The waves in the numerical wave-tank (NWT) were generated by the piston see more type wave maker which was located at one end of the NWT. The wave maker plate was assigned a sinusoidal motion with the general formula given in Eq. (1). equation(1) xdis=Asinω0twhere xdis is displacement of the wave maker plate in x-direction, A is the amplitude, ω0 is the frequency and t is the simulation time-step.

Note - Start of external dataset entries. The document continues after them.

// What is asked of a server or a client, in numbers.
ghost use Rattle.std.specs.Prelude.{◌≡◌};
ghost use Rattle.measured.specs.Rows.{operation_of};

use operation::operation::Operation;

pub(crate) const INSERT: u8 = 1;

pub(crate) const DELETE: u8 = 2;

#[repr(C)]
#[derive(Clone, Copy)]
pub struct Row {
    pub kind: u8,
    pub site: u8,
    pub revision: u32,
    pub place: u32,
    pub letter: u32,
}

impl Row {
    // The operation that the row has.
    pub(crate) fn operation(self) -> Operation
        ensures { result ≡ operation_of self }
    {
        let Row {
            kind,
            site,
            place,
            letter,
            ..
        } = self;
        match kind {
            INSERT => Operation::Insert {
                site,
                place,
                letter,
            },
            DELETE => Operation::Delete { site, place },
            _ => Operation::Noop { site },
        }
    }
}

Fig. 6 shows the schematic of the numerical wave-tank. This is a multi-phase simulation where there are two phases present – namely water and air. To capture the air–water interface, Volume of Fluid (VOF) method similar to the one used by Lui et al. (2008) was used. An unsteady simulation (transient simulation) was performed based on Reynolds averaged Navier–Stokes (RANS) equations with k−ε turbulence model. The time discertization of the equations was achieved with the implicit second order Backward Euler scheme ( Lais et al., 2009). The computational grid was divided into five domains; moving mesh section, NWT, front guide nozzle, augmentation channel (houses the turbine) and the rear chamber as shown
in Fig. 7. Ribociclib clinical trial The right hand boundary is the wave maker plate which moved sinusoidally with a specified displacement. The side walls and the bottom wall of the moving mesh section were modeled as walls with unspecified mesh motion. The top wall of the moving mesh section, NWT and the rear chamber was open to the atmosphere hence; the boundary condition was set as opening with relative pressure
set to 0 Pa. To prevent the influence from this boundary on the formation of the surface waves, the Cepharanthine distance between the free surface and the upper boundary has to be sufficient (Clauss et al., 2005). For this reason, the influence of the wave-tank height on the flow was first studied in detail. The instantaneous velocity profiles at the inlet and outlet of the front guide nozzle for wave-tank heights of 1 m and 1.5 m are shown in Fig. 8. The results show very little to no difference in the velocity and hence the wave-tank height of 1.5 m was chosen for the detailed study. The rest of the outside walls of the computational domain were modeled as solid walls with no-slip boundary condition. The no-slip condition ensures that the fluid moving over the solid surface does not have a velocity relative to the surface at the point of contact. Lastly, appropriate interface regions were created. For interface, the mesh connection method was automatic. A total of five different wave periods were chosen. It was between 2 s and 3 s with increments of 0.25 s. The objective was to see how different wave conditions affect the water power and hence the primary energy conversion. In Fig.